= Exercise goal =
Transcribe the line with "mod shared_receive;" and all the lines that follow it in the material below, exactly as they stand.

= Beginning of Section =

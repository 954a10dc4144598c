//! The receive side of a device over an instance that threads could share.

ghost use Rattle.std.specs.Prelude.{◌≡◌};
ghost use Rattle.device_bench.specs.Receive.{ReceiveView};
ghost use Rattle.device_shared.specs.Callers.{is_owned};

use crate::callers::{
    busy_take, complete_by, enable, hold, look, mark, poll, request, requeue, set_threaded, stop,
    take, try_take,
};
use crate::closed_side::ClosedSide;
use crate::ending::{close, disable, empty};
use crate::opening::three_callers;
use device_bench::{KitSide, ReceiveSide};
use napi_calls::{Caller, CallerState, ControlState, Napi, NewBack};
use napi_model::{Kind, Prep, Seen};
use rx_ring::{Batch, Packet, RingFault, RxIn, batch_bytes, finish, ring};
use std::alloc::{AllocError, Global};
use std::marker::Model;
use std::snapshot::Snapshot;
use std::sync::Wait;

/// A receive ring and a NAPI instance that threads could share, with all its callers, owned by one thread.
///
/// It is linear: [`end`](ReceiveSide::end) waits until no caller owns the instance, disables and closes it, and polls all packets
/// in the ring.
pub struct SharedReceive<R: Wait + Drop> {
    rt: R,
    napi: Napi,
    interrupt: CallerState,
    poller: CallerState,
    thread: CallerState,
    control: ControlState,
    // Room for collecting the callers at the end.
    callers: Vec<Caller>,
    input: RxIn,
    batch: Batch,
    // How many packets the ring holds.
    held: usize,
    // What the state word showed after the last call.
    seen: Seen,
    // How many packets arrived, including those that found no room; the count saturates. A packet's number is this count.
    arrived: u64,
}

impl<R: Wait + Drop> Model for SharedReceive<R> {
    ghost use Rattle.std.specs.Prelude.{length, vec_capacity};
    ghost use Rattle.device_bench.specs.Receive.{ReceiveView};
    ghost use Rattle.napi_calls.specs.Instance.{callers_of};
    ghost use Rattle.device_shared.specs.Callers.{AreCallers, HasCallerRoom, callers_side};

    ghost Value = { ReceiveView };

    ghost view = { λ s. callers_side s.poller s.thread s.control };

    ghost invariant = { λ s. AreCallers s.napi s.input s.interrupt s.poller s.thread s.control
        × HasCallerRoom (callers_of s.napi) (length s.callers.items) (vec_capacity s.callers) };
}

impl<R: Wait + Copy + Drop> SharedReceive<R> {
    // Returns whether a caller has the poll context.
    fn is_owned(&self) -> bool
        ensures { result ≡ is_owned self.now.napi.place }
    {
        let poller = matches!(self.poller, CallerState::Polls(_) | CallerState::Busy(_));
        let thread = matches!(self.thread, CallerState::Polls(_));
        poller || thread || matches!(self.control, ControlState::Off(_))
    }

    // Reads the state word, by the interrupt handler.
    fn look(&mut self)
        ensures { self.new ≡ self.old }
    {
        self.seen = look(&self.napi, &mut self.interrupt);
    }
}

impl<R: Wait + Copy + Drop> KitSide for SharedReceive<R> {}

impl<R: Wait + Copy + Drop> ReceiveSide for SharedReceive<R> {
    ghost use Rattle.std.specs.Prelude.{false};
    ghost use Rattle.device_shared.specs.Ending.{IsSideClosed};

    type Kit = R;

    type End = ClosedSide;

    ghost side = { λ s. s };

    ghost exact = { false };

    ghost ended = { IsSideClosed };

    fn open(rt: &R, alloc: Global, capacity: u32) -> Result<SharedReceive<R>, AllocError> {
        let (input, ctx) = match ring(alloc, capacity as usize) {
            Ok(ends) => ends,
            Err(RingFault::OutOfMemory) => return Err(AllocError),
            Err(RingFault::BadCapacity) => unreachable!(),
        };
        let (napi, mut callers, control) = match Napi::new(alloc, ctx, 3) {
            Ok(made) => made,
            Err(NewBack { fault: _, ctx: _ }) => return Err(AllocError),
        };
        let (mut interrupt, poller, thread) = three_callers(&napi, &mut callers);
        let control = control.enable(rt, &napi, false);
        let seen = interrupt.look(&napi);
        Ok(SharedReceive {
            rt: *rt,
            napi,
            interrupt: CallerState::Rests(interrupt),
            poller: CallerState::Rests(poller),
            thread: CallerState::Rests(thread),
            control: ControlState::On(control),
            callers,
            input,
            batch: Batch::new(),
            held: 0,
            seen,
            arrived: 0,
        })
    }

    fn put(&mut self, bytes: u32) -> bool {
        self.arrived = self.arrived.saturating_add(1);
        let packet = Packet {
            number: self.arrived,
            bytes,
        };
        if self.input.put(packet).is_err() {
            return false;
        }
        self.held = self.held.saturating_add(1);
        true
    }

    fn left(&self) -> usize {
        self.held
    }

    fn seen(&self) -> Seen {
        self.seen
    }

    fn is_marked(&self) -> bool {
        matches!(self.control, ControlState::Marked(_))
    }

    fn is_off(&self) -> bool {
        matches!(self.control, ControlState::Off(_))
    }

    fn request(&mut self) -> (Prep, Option<Kind>) {
        let requested = request(&self.rt, &self.napi, &mut self.interrupt);
        self.look();
        requested
    }

    fn take(&mut self, kind: Kind) -> bool {
        if self.is_owned() {
            return false;
        }
        let taken = match kind {
            Kind::List => take(&self.napi, &mut self.poller, kind),
            Kind::Thread => take(&self.napi, &mut self.thread, kind),
        };
        self.look();
        taken
    }

    fn receive(&mut self, weight: u32) -> (u32, u64) {
        if matches!(self.poller, CallerState::Polls(_) | CallerState::Busy(_)) {
            poll(
                &mut self.poller,
                &mut self.input,
                weight as usize,
                &mut self.batch,
            );
        } else {
            poll(
                &mut self.thread,
                &mut self.input,
                weight as usize,
                &mut self.batch,
            );
        }
        let given = self.batch.len();
        self.held = self.held.saturating_sub(given);
        (given as u32, batch_bytes(&self.batch))
    }

    fn requeue(&mut self) {
        if matches!(self.poller, CallerState::Polls(_)) {
            requeue(&self.napi, &mut self.poller);
        } else {
            requeue(&self.napi, &mut self.thread);
        }
        self.look();
    }

    fn complete(&mut self) -> Option<Kind> {
        let again = if matches!(self.poller, CallerState::Polls(_)) {
            complete_by(&self.rt, &self.napi, &mut self.poller)
        } else {
            complete_by(&self.rt, &self.napi, &mut self.thread)
        };
        self.look();
        again
    }

    fn busy_take(&mut self) -> bool {
        if self.is_owned() {
            return false;
        }
        let taken = busy_take(&self.rt, &self.napi, &mut self.poller);
        self.look();
        taken
    }

    fn hold(&mut self) {
        hold(&self.napi, &mut self.poller);
        self.look();
    }

    fn stop(&mut self) {
        stop(&self.rt, &self.napi, &mut self.poller);
        self.look();
    }

    fn mark(&mut self) {
        mark(&self.napi, &mut self.control);
        self.look();
    }

    fn try_take(&mut self) -> bool {
        let taken = try_take(&self.napi, &mut self.control);
        self.look();
        taken
    }

    fn enable(&mut self, threaded: bool) {
        enable(&self.rt, &self.napi, &mut self.control, threaded);
        self.look();
    }

    fn set_threaded(&mut self, threaded: bool) {
        set_threaded(&self.napi, &mut self.interrupt, threaded);
        self.look();
    }

    fn end(self) -> ClosedSide {
        let SharedReceive {
            rt,
            napi,
            interrupt,
            poller,
            thread,
            control,
            callers,
            mut input,
            batch: _,
            held: _,
            seen: _,
            arrived: _,
        } = self;
        let CallerState::Rests(interrupt) = interrupt else {
            unreachable!()
        };
        let (poller, thread, control) = disable(&rt, &napi, poller, thread, control);
        let at = Snapshot::of(&napi);
        let first = Snapshot::of(&interrupt);
        let second = Snapshot::of(&poller);
        let third = Snapshot::of(&thread);
        let off = Snapshot::of(&control);
        let mut ctx = close(napi, interrupt, poller, thread, control, callers);
        empty(&mut input, &mut ctx);
        let totals = finish(input, ctx);
        ClosedSide {
            totals,
            napi: at,
            interrupt: first,
            poller: second,
            thread: third,
            control: off,
        }
    }
}
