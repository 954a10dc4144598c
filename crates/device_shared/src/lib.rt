//! Internal crate of the facade `device_model`: the receive side of a device (its ring and its instance), with an instance that
//! threads could share, while one thread owns all its callers; and the bench of such devices.
//!
//! [`SharedReceive`] owns the callers and the controller of an instance of `napi_calls`, each with the state that its type says:
//! who polls the instance, who busy polls it, and whether it is disabled or a disable is pending. Contracts know this much of
//! the instance between two calls, and no more: it isn't an exact [`ReceiveSide`](device_bench::ReceiveSide). When it ends, the
//! instance is closed, and then they know its one complete history ([`ClosedSide`]). Tests compare the reports of such devices
//! with those of devices for one thread, byte by byte.
#![tactic(auto)]

mod bench;
mod callers;
mod closed_side;
mod ending;
mod opening;
mod shared_receive;

pub use bench::SharedBench;
pub use closed_side::ClosedSide;
pub use shared_receive::SharedReceive;
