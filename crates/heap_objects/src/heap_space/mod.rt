//! The blocks of a heap: those of the nurseries, and those that collections filled.
mod nurseries;
mod space;

pub use space::Space;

= End of Section =

= Exercise solution =
mod shared_receive;

pub use bench::SharedBench;
pub use closed_side::ClosedSide;
pub use shared_receive::SharedReceive;
filename crates/heap_objects/src/heap_space/mod.rt
//! The blocks of a heap: those of the nurseries, and those that collections filled.
mod nurseries;
mod space;

pub use space::Space;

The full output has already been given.